▶ [Exercise prompt] Every line of the records below that holds the word "Global" belongs in the answer.

▶ [Input records]
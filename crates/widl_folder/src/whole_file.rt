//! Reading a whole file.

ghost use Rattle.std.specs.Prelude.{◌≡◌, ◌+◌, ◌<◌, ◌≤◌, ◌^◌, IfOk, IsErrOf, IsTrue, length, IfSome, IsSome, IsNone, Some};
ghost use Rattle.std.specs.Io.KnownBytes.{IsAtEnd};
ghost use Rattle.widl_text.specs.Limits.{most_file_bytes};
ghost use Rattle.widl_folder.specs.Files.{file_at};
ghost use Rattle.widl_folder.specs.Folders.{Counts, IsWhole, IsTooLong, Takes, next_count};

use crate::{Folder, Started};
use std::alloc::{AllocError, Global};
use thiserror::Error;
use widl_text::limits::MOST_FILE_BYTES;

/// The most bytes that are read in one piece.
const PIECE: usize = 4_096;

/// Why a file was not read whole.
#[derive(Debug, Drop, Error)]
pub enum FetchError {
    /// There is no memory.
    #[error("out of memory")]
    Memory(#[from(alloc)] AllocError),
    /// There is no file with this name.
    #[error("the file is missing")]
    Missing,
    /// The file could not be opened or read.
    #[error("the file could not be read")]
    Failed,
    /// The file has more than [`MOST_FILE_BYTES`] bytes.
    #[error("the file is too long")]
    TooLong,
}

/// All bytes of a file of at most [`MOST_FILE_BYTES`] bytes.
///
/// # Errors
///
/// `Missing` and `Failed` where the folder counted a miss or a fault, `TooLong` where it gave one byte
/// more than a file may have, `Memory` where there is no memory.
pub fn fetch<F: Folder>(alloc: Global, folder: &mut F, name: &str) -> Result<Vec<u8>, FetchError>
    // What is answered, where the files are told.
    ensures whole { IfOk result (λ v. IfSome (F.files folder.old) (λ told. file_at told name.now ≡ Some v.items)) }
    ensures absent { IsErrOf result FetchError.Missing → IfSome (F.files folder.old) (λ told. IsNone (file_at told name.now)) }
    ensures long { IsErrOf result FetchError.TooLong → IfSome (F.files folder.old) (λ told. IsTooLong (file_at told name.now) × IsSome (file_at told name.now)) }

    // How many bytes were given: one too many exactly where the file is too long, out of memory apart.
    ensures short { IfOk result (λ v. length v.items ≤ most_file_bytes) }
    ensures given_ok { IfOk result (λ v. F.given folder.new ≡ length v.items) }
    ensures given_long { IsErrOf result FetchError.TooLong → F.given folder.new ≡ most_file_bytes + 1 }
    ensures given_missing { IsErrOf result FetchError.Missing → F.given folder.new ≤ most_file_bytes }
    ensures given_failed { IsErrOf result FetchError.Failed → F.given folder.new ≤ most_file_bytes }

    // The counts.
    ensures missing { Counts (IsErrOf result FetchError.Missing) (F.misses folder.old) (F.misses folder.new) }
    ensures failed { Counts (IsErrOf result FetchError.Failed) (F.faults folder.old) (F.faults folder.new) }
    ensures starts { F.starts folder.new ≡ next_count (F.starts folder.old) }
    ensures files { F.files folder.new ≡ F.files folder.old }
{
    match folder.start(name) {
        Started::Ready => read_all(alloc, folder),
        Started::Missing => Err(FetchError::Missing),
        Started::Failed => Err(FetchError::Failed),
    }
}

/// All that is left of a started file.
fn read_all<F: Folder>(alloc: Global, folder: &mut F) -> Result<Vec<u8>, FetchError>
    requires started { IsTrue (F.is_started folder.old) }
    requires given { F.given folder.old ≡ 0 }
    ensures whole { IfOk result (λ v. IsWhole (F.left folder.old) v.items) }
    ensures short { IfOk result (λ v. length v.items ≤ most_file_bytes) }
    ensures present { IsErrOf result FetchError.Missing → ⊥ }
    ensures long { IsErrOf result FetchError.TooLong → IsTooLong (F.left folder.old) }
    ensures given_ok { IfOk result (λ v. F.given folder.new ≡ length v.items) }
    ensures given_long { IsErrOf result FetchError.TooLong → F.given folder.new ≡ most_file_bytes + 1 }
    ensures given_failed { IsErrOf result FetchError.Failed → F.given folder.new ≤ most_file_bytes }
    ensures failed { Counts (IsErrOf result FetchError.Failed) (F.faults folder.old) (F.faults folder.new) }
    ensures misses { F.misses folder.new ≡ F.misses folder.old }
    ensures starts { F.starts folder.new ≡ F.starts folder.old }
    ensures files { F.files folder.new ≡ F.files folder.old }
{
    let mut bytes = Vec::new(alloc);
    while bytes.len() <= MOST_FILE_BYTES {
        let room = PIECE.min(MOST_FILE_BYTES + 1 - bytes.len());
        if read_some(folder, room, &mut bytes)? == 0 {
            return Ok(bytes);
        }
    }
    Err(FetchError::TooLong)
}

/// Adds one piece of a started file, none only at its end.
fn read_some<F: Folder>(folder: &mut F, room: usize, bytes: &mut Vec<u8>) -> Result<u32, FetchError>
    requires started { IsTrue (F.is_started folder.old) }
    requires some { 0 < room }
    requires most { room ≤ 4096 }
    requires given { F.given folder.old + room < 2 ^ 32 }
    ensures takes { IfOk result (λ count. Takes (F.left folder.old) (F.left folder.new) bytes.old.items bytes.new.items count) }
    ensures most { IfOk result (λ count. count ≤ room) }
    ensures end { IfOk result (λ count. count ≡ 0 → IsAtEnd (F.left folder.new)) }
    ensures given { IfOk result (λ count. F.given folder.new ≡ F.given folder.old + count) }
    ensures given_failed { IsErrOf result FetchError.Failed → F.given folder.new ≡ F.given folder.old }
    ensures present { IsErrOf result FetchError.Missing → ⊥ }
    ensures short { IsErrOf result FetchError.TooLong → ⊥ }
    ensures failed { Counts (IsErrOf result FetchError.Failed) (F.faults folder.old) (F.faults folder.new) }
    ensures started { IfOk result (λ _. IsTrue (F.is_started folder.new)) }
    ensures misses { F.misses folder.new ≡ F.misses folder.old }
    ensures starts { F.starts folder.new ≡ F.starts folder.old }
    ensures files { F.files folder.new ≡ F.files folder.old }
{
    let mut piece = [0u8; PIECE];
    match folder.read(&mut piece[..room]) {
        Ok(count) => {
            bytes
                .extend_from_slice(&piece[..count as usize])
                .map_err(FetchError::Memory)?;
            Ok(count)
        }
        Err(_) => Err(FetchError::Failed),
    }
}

▶ [Response area]
use std::alloc::{AllocError, Global};
pub fn fetch<F: Folder>(alloc: Global, folder: &mut F, name: &str) -> Result<Vec<u8>, FetchError>
fn read_all<F: Folder>(alloc: Global, folder: &mut F) -> Result<Vec<u8>, FetchError>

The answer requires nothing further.